▼

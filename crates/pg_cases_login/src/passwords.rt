//! What passwords are hashed to.

use base64::engine::general_purpose::STANDARD;
use pg_cases::words::{at, text_at};
use pg_scram::{client_proof, hi, hmac, md5_hash, server_signature};
use std::alloc::{AllocError, Global};

/// The front of a hex text, so many digits of it.
fn tell_front(hex: &str, digits: usize, out: &mut String) -> Result<(), AllocError> {
    match hex.get(..digits) {
        Some(front) => write!(out, " {front}"),
        None => write!(out, " {hex}"),
    }
}

/// The bytes that a word of hex digits spells, none where it spells none.
fn bytes_of(alloc: Global, word: &[u8]) -> Vec<u8> {
    match hex::decode(alloc, word) {
        Ok(bytes) => bytes,
        Err(_) => Vec::new(alloc),
    }
}

fn tell_hex(
    alloc: Global,
    bytes: &[u8; 32],
    digits: usize,
    out: &mut String,
) -> Result<(), AllocError> {
    let hex = hex::encode(alloc, bytes)?;
    tell_front(hex.as_str(), digits, out)
}

/// HMAC with SHA-256 of a key and a message in hex, so many digits of it.
pub(crate) fn tell_mac(
    alloc: Global,
    words: &[Vec<u8>],
    out: &mut String,
) -> Result<(), AllocError> {
    let digits = text_at(words, 1).parse::<usize>().unwrap_or(64);
    let key = bytes_of(alloc, at(words, 2));
    let message = bytes_of(alloc, at(words, 3));
    tell_hex(alloc, &hmac(&key, &message), digits, out)
}

fn tell_base64(alloc: Global, bytes: &[u8], out: &mut String) -> Result<(), AllocError> {
    let text = STANDARD.encode(alloc, bytes)?;
    write!(out, " {text}")
}

/// ClientProof and ServerSignature under a salted password.
fn tell_salted(
    alloc: Global,
    salted: &[u8; 32],
    auth_message: &[u8],
    out: &mut String,
) -> Result<(), AllocError> {
    tell_base64(alloc, &client_proof(salted, auth_message), out)?;
    tell_base64(alloc, &server_signature(salted, auth_message), out)
}

/// ClientProof and ServerSignature of a password, a salt in hex, a count, and the AuthMessage.
pub(crate) fn tell_proof(
    alloc: Global,
    words: &[Vec<u8>],
    out: &mut String,
) -> Result<(), AllocError> {
    let salt = bytes_of(alloc, at(words, 2));
    let iterations = text_at(words, 3).parse::<u32>().unwrap_or(1).max(1);
    match hi(alloc, at(words, 1), &salt, iterations) {
        Ok(salted) => tell_salted(alloc, &salted, at(words, 4), out),
        Err(_) => Err(AllocError),
    }
}

/// The reply to a request for an MD5 password: the user, the password, the salt.
pub(crate) fn tell_md5(
    alloc: Global,
    words: &[Vec<u8>],
    out: &mut String,
) -> Result<(), AllocError> {
    let salt = match at(words, 3) {
        [a, b, c, d] => [*a, *b, *c, *d],
        _ => [0; 4],
    };
    match md5_hash(alloc, at(words, 1), at(words, 2), salt) {
        Ok(reply) => write!(out, " {}", reply.as_str()),
        Err(_) => Err(AllocError),
    }
}
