//! Writes a text whole to a sink.

ghost use Rattle.pg_tool.specs.Writing.{WritesAll};

use pg_wire::{Sink, SinkFlush, SinkWrite};

/// Why a text isn't written whole.
#[derive(Clone, Copy, Debug, PartialEq, Eq, Drop)]
pub enum WriteFault {
    /// A call of the sink failed.
    Failed,
    OutOfMemory,
}

/// Writes a text whole and flushes it.
pub fn write_all<K: Sink>(sink: &mut K, text: &[u8]) -> Result<(), WriteFault>
    ensures { WritesAll (K.state sink.old) (K.state sink.new) text.now result }
{
    let mut at = 0;
    while at < text.len() {
        match sink.write(&text[at..]) {
            SinkWrite::Took(n) => at += n,
            SinkWrite::Failed => return Err(WriteFault::Failed),
            SinkWrite::OutOfMemory => return Err(WriteFault::OutOfMemory),
        }
    }
    match sink.flush() {
        SinkFlush::Done => Ok(()),
        SinkFlush::Failed => Err(WriteFault::Failed),
    }
}
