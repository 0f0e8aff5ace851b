//! The program around a session.

ghost use Rattle.std.specs.Prelude.{◌≡◌, ◌↔◌, ◌<◌, ◌^◌, ℕ, List, None, Err, IfOk, IfSome, IsSome, length, map, string_bytes};
ghost use Rattle.pg_text.specs.Sessions.{IsNew, ReadsText, session_of};
ghost use Rattle.pg_text.specs.declared.session.TextFault.TheVariants as fault;
ghost use Rattle.pg_gen.specs.Generated.{IsCount};
ghost use Rattle.pg_tool.specs.RunContract.{Answered, IsOver, IsPiped, IsPlayed, PlayedSession, PlayedText, RefusedLine, RunContract, SumsUp, WritesSummary, Written};

use crate::numbers::{Numbers, asked_numbers};
use crate::over::{Over, asked_link};
use crate::reading::{ReadFault, read_all};
use crate::session::run_session;
use crate::writing::{WriteFault, write_all};
use pg_errors::Error;
use pg_gen::{gen_session, summary_text};
use pg_text::{Report, Session, TextFault, error_text, report_text, session_text};
use pg_types::{Blob, OutOfMemory};
use pg_wire::{Link, Sink, Source};
use std::alloc::Global;

/// What is written for words that are none of the program's.
const USAGE: &str = "usage: pgplay play | pipe FILE REPORT | threads | gen N SEED\n";

/// The exit status, and what the session answered where one was played.
#[derive(Drop)]
pub struct Outcome {
    /// 0: the session answered Ok. 1: it answered an error. 2: the words or the text were refused. 3: the
    /// source failed. 4: the sink failed. 5: want of memory.
    pub status: u8,
    pub result: Option<Result<Report, Error>>,
}

/// Runs the program: its words say what to do, the source has the session text, and the sink gets the
/// report. With the one word `play` the text is played over its own link, and the link handed in isn't
/// used; with `pipe` and two words more it is played over the link handed in, and its own isn't used.
/// With `gen` and two numbers a generated session is played over its own link, neither the source nor the
/// link handed in is used, and the sink gets what its report comes to.
pub fn run<S: Source, K: Sink, L: Link>(
    alloc: Global,
    words: &[String],
    source: &mut S,
    sink: &mut K,
    link: &mut L,
) -> Outcome
    ensures { RunContract (record {
      words = map string_bytes words.now;
      source_before = S.state source.old;
      source_after = S.state source.new;
      sink_before = K.state sink.old;
      sink_after = K.state sink.new;
      link_before = L.view link.old;
      link_after = L.view link.new;
      status = result.status;
      result = result.result;
    }) }
{
    if let Some(numbers) = asked_numbers(words) {
        return sum_up(alloc, numbers, sink);
    }
    let Some(over) = asked_link(words) else {
        return refuse(sink, USAGE.as_bytes());
    };
    match read_all(alloc, source) {
        Ok(text) => play(alloc, text, over, sink, link),
        Err(ReadFault::TooLong) => refuse(sink, b"refused length\n"),
        Err(ReadFault::Failed) => without_session(3),
        Err(ReadFault::OutOfMemory) => without_session(5),
    }
}

/// An end without a session and without a text.
fn without_session(status: u8) -> Outcome
    ensures { result ≡ record { status = status; result = None } }
{
    Outcome {
        status,
        result: None,
    }
}

/// Writes why the words or the text are refused.
fn refuse<K: Sink>(sink: &mut K, text: &[u8]) -> Outcome
    ensures status { Written (K.state sink.old) (K.state sink.new) text.now 2 result.status }
    ensures none { result.result ≡ None }
{
    without_session(status_of(sink, text, 2))
}

/// The status where the text due was written whole, else 4 or 5.
fn status_of<K: Sink>(sink: &mut K, text: &[u8], status: u8) -> u8
    ensures { Written (K.state sink.old) (K.state sink.new) text.now status result }
{
    match write_all(sink, text) {
        Ok(()) => status,
        Err(WriteFault::Failed) => 4,
        Err(WriteFault::OutOfMemory) => 5,
    }
}

/// The session of a text. The text is let go then, before the session is played.
fn read_session(alloc: Global, text: Vec<u8>) -> Result<Session, TextFault>
    ensures text { ReadsText text.items result }
    ensures too_long { (result ≡ Err fault.TooLong) ↔ (67108864 < length text.items) }
{
    session_text(alloc, text.as_slice())
}

/// Plays a text, over its own link or the one that was handed in.
fn play<K: Sink, L: Link>(
    alloc: Global,
    text: Vec<u8>,
    over: Over,
    sink: &mut K,
    link: &mut L,
) -> Outcome
    ensures played { PlayedText (IsOver over (L.view link.old) (L.view link.new)) text.items (K.state sink.old) (K.state sink.new)
        result.status result.result }
    ensures unused { result.result ≡ None → L.view link.new ≡ L.view link.old }
{
    match read_session(alloc, text) {
        Ok(session) => match over {
            Over::Own => play_session(alloc, session, sink),
            Over::Handed => pipe_session(alloc, session, sink, link),
        },
        Err(TextFault::TooLong) => refuse(sink, b"refused length\n"),
        Err(TextFault::Line(number)) => refuse_line(alloc, number, sink),
        Err(TextFault::OutOfMemory) => without_session(5),
    }
}

/// Writes which line is refused.
fn refuse_line<K: Sink>(alloc: Global, number: u64, sink: &mut K) -> Outcome
    ensures status { RefusedLine (K.state sink.old) (K.state sink.new) number result.status }
    ensures none { result.result ≡ None }
{
    match format!(in alloc; "refused {number}\n") {
        Ok(text) => refuse(sink, text.as_str().as_bytes()),
        Err(_) => without_session(5),
    }
}

/// Plays a session over its own link.
fn play_own(alloc: Global, session: Session) -> Result<Report, Error>
    requires limit { session.max_bytes < 2 ^ 63 }
    requires new { IsNew session }
    ensures { IsPlayed (session_of session) result }
{
    let Session {
        config,
        scripts,
        turns,
        nonce,
        max_bytes,
        mut link,
    } = session;
    run_session(
        alloc,
        config.as_str(),
        &scripts,
        turns.as_slice(),
        nonce.as_slice(),
        max_bytes,
        &mut link,
    )
}

/// Plays a session over its own link, and writes what it answered.
fn play_session<K: Sink>(alloc: Global, session: Session, sink: &mut K) -> Outcome
    requires limit { session.max_bytes < 2 ^ 63 }
    requires new { IsNew session }
    ensures some { IsSome result.result }
    ensures played { IfSome result.result
        (PlayedSession IsPlayed (session_of session) (K.state sink.old) (K.state sink.new) result.status) }
{
    let result = play_own(alloc, session);
    let status = write_answer(alloc, &result, sink);
    Outcome {
        status,
        result: Some(result),
    }
}

/// Plays a generated session over its own link, and writes what its report comes to.
fn sum_up<K: Sink>(alloc: Global, numbers: Numbers, sink: &mut K) -> Outcome
    requires count { IsCount numbers.commands }
    ensures { SumsUp numbers (K.state sink.old) (K.state sink.new) result.status result.result }
{
    let Ok(session) = gen_session(alloc, numbers.commands, numbers.seed) else {
        return without_session(5);
    };
    let result = play_own(alloc, session);
    let status = write_summary(alloc, &result, sink);
    Outcome {
        status,
        result: Some(result),
    }
}

/// Writes what a report comes to, and gives the status. Where there is none, memory lacked.
fn write_summary<K: Sink>(alloc: Global, answer: &Result<Report, Error>, sink: &mut K) -> u8
    ensures { WritesSummary (K.state sink.old) (K.state sink.new) result answer.now }
{
    match answer {
        Ok(report) => write_text(sink, summary_text(alloc, report), 0),
        Err(_) => 5,
    }
}

/// Plays a session over the link handed in, and writes what it answered.
fn pipe_session<K: Sink, L: Link>(
    alloc: Global,
    session: Session,
    sink: &mut K,
    link: &mut L,
) -> Outcome
    requires limit { session.max_bytes < 2 ^ 63 }
    ensures some { IsSome result.result }
    ensures played { IfSome result.result
        (PlayedSession (IsPiped (L.view link.old) (L.view link.new)) (session_of session) (K.state sink.old) (K.state sink.new) result.status) }
{
    let Session {
        config,
        scripts,
        turns,
        nonce,
        max_bytes,
        link: _,
    } = session;
    let result = run_session(
        alloc,
        config.as_str(),
        &scripts,
        turns.as_slice(),
        nonce.as_slice(),
        max_bytes,
        link,
    );
    let status = write_answer(alloc, &result, sink);
    Outcome {
        status,
        result: Some(result),
    }
}

/// Writes the report or the error, and gives the status.
fn write_answer<K: Sink>(alloc: Global, answer: &Result<Report, Error>, sink: &mut K) -> u8
    ensures { Answered (K.state sink.old) (K.state sink.new) result answer.now }
{
    match answer {
        Ok(report) => write_text(sink, report_text(alloc, report), 0),
        Err(error) => write_failure(alloc, error, sink),
    }
}

/// Writes the error, unless it is want of memory, and gives the status.
fn write_failure<K: Sink>(alloc: Global, error: &Error, sink: &mut K) -> u8
    ensures { Answered (K.state sink.old) (K.state sink.new) result (Err error.now) }
{
    match error {
        Error::OutOfMemory => 5,
        _ => write_text(sink, error_text(alloc, error), 1),
    }
}

/// Writes a text that could be made, and gives the status.
fn write_text<K: Sink>(sink: &mut K, text: Result<Blob, OutOfMemory>, status: u8) -> u8
    ensures { (due : List ℕ) → IfOk text (λ made. made ≡ due)
        → Written (K.state sink.old) (K.state sink.new) due status result }
{
    match text {
        Ok(text) => status_of(sink, text.as_slice(), status),
        Err(OutOfMemory) => 5,
    }
}
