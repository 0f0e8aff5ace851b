//! What a case of an opening, a cancelling or a check of a session calls.

use crate::{cancels, checks, opens};
use pg_cases::words::text_at;
use std::alloc::{AllocError, Global};

/// What such a case gives, by its first word.
pub(crate) fn tell(alloc: Global, words: &[Vec<u8>], out: &mut String) -> Result<(), AllocError> {
    match text_at(words, 0) {
        "cancel" => cancels::tell(alloc, words, out),
        "any" | "read-write" | "read-only" => checks::tell(alloc, words, out),
        _ => opens::tell(alloc, words, out),
    }
}
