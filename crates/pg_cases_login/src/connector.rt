//! A connector in memory: what it gives is a link in memory of its own, beside the one that it was handed.

use futures::task::Poll;
use pg_open::tls::{ChannelBinding, ForcePrivateApi, TlsConnect, TlsHandshake, TlsStream};
use pg_types::{Blob, OutOfMemory};
use pg_wire::{Link, LinkRead, LinkStep, LinkWait, LinkWrite, MemoryLink};
use std::alloc::Global;

/// A connector to a server whose side of the handshake is made up.
#[derive(Drop)]
pub(crate) struct Connector {
    pub(crate) can_connect: bool,
    /// What crosses the stream. None: the handshake fails.
    pub(crate) inside: Option<MemoryLink>,
    /// The hash of the server's certificate.
    pub(crate) hash: Option<Blob>,
}

/// A handshake that is pending twice.
#[derive(Drop)]
pub(crate) struct Handshake {
    link: Option<MemoryLink>,
    connector: Connector,
    pauses: u32,
}

/// The handshake failed.
#[derive(Drop)]
pub(crate) struct HandshakeFault(());

/// A stream that has both links.
#[derive(Drop)]
pub(crate) struct Stream {
    /// The link that the connector was handed.
    pub(crate) under: Option<MemoryLink>,
    pub(crate) inside: MemoryLink,
    hash: Option<Blob>,
}

impl Link for Stream {
    ghost use Rattle.pg_wire.specs.Memory.{link_of, tells as tells_all};

    ghost view = { λ s. link_of s.inside };

    fn read(&mut self, out: &mut [u8]) -> LinkRead {
        self.inside.read(out)
    }

    fn write(&mut self, bytes: &[u8]) -> LinkWrite {
        self.inside.write(bytes)
    }

    fn flush(&mut self) -> LinkStep {
        self.inside.flush()
    }

    fn shutdown(&mut self) -> LinkStep {
        self.inside.shutdown()
    }

    fn wait(&mut self) -> LinkWait {
        self.inside.wait()
    }

    fn quiet(&self) -> u64 {
        self.inside.quiet()
    }

    ghost tells = { λ s. tells_all s.inside };
}

impl TlsStream for Stream {
    ghost binding = { λ s. s.hash };

    fn channel_binding(&self, alloc: Global) -> Result<ChannelBinding, OutOfMemory> {
        match &self.hash {
            Some(hash) => Ok(ChannelBinding::tls_server_end_point(hash.copy(alloc)?)),
            None => Ok(ChannelBinding::none()),
        }
    }
}

impl TlsHandshake for Handshake {
    type Stream = Stream;

    type Error = HandshakeFault;

    ghost use Rattle.std.specs.Prelude.{⊤};

    // Nothing is said of its polls.
    ghost polled = { λ old new answer. ⊤ };

    fn poll(&mut self) -> Poll<Result<Stream, HandshakeFault>> {
        if self.pauses > 0 {
            self.pauses -= 1;
            return Poll::Pending;
        }
        match self.connector.inside.take() {
            Some(inside) => Poll::Ready(Ok(Stream {
                under: self.link.take(),
                inside,
                hash: self.connector.hash.take(),
            })),
            None => Poll::Ready(Err(HandshakeFault(()))),
        }
    }
}

impl TlsConnect<MemoryLink> for Connector {
    type Future = Handshake;

    ghost use Rattle.std.specs.Prelude.{⊤};

    ghost connects = { λ c. c.can_connect };

    // Nothing is said of its handshakes.
    ghost begins = { λ c link handshake. ⊤ };

    fn can_connect(&self, api: ForcePrivateApi) -> bool {
        self.can_connect
    }

    fn connect(self, link: MemoryLink) -> Handshake {
        Handshake {
            link: Some(link),
            connector: self,
            pauses: 2,
        }
    }
}
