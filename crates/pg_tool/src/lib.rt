//! Sessions over a link, and the program around them.
#![tactic(auto)]

mod asked;
mod laws;
mod numbers;
mod over;
mod program;
mod reading;
mod required;
mod session;
mod writing;

pub use laws::{
    no_text_is_neither, sessions_of_simple_queries_keep_theirs, simple_texts_are_well_made,
    some_text_is_well_made,
};
pub use pg_text::{
    Answer, Cells, Command, CommandTarget, Pair, Report, RowCells, Scripts, Session, SimpleMessage,
    TextFault, TurnMark, TypedText, report_text, session_text,
};
pub use program::{Outcome, run};
pub use session::run_session;
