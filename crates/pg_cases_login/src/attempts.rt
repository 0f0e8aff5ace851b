//! Attempts to connect.

use crate::refusal;
use pg_config::{Address, Attempt, Config, IpAddr};
use pg_errors::Error;
use pg_types::{List, Text};
use std::alloc::{AllocError, Global};

fn tell_ip(ip: &IpAddr, out: &mut String) -> Result<(), AllocError> {
    write!(out, " {ip:?}")
}

fn tell_name(kind: &str, name: &str, out: &mut String) -> Result<(), AllocError> {
    write!(out, " {kind}({name:?})")
}

fn tell_address(address: &Address, out: &mut String) -> Result<(), AllocError> {
    match address {
        Address::Ip(ip) => tell_ip(ip, out),
        Address::Name(name) => tell_name("Name", name.as_str(), out),
        Address::Unix(path) => tell_name("Unix", path.as_str(), out),
    }
}

fn tell_host(name: &Option<Text>, out: &mut String) -> Result<(), AllocError> {
    match name {
        Some(name) => write!(out, " of {:?}", name.as_str()),
        None => Ok(()),
    }
}

/// Where, the port, and the host's name for TLS.
fn tell_attempt(attempt: &Attempt, out: &mut String) -> Result<(), AllocError> {
    tell_address(&attempt.address, out)?;
    write!(out, ":{}", attempt.port)?;
    tell_host(&attempt.hostname, out)
}

fn tell_all(attempts: &[Attempt], out: &mut String) -> Result<(), AllocError> {
    for attempt in attempts {
        tell_attempt(attempt, out)?;
    }
    Ok(())
}

fn tell_attempts(
    attempts: &Result<List<Attempt>, Error>,
    out: &mut String,
) -> Result<(), AllocError> {
    match attempts {
        Ok(attempts) => tell_all(attempts.as_slice(), out),
        Err(error) => refusal::tell(error, out),
    }
}

fn tell_config(
    alloc: Global,
    order: &[usize],
    config: &Config,
    out: &mut String,
) -> Result<(), AllocError> {
    write!(out, " {}", config.attempt_count())?;
    let attempts = config.attempts(alloc, order);
    tell_attempts(&attempts, out)
}

fn tell_read(
    alloc: Global,
    order: &[usize],
    read: &Result<Config, Error>,
    out: &mut String,
) -> Result<(), AllocError> {
    match read {
        Ok(config) => tell_config(alloc, order, config, out),
        Err(error) => refusal::tell(error, out),
    }
}

fn tell_under(
    alloc: Global,
    order: &[usize],
    text: &str,
    out: &mut String,
) -> Result<(), AllocError> {
    let read = Config::from_str(alloc, text);
    tell_read(alloc, order, &read, out)
}

/// Places, as the digits of a word count them.
fn order_of(alloc: Global, word: &[u8]) -> Result<Vec<usize>, AllocError> {
    let mut order = Vec::new(alloc);
    for &byte in word {
        order.push(usize::from(byte.wrapping_sub(b'0')))?;
    }
    Ok(order)
}

/// How many places a connection string has, and its attempts under this order.
pub(crate) fn tell(
    alloc: Global,
    order: &[u8],
    text: &str,
    out: &mut String,
) -> Result<(), AllocError> {
    let order = order_of(alloc, order)?;
    tell_under(alloc, order.as_slice(), text, out)
}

▲

Each line holding the word "HandshakeFault" must be pulled from the records.

*Solution to this problem:*
pub(crate) struct HandshakeFault(());
    type Error = HandshakeFault;
    fn poll(&mut self) -> Poll<Result<Stream, HandshakeFault>> {
            None => Poll::Ready(Err(HandshakeFault(()))),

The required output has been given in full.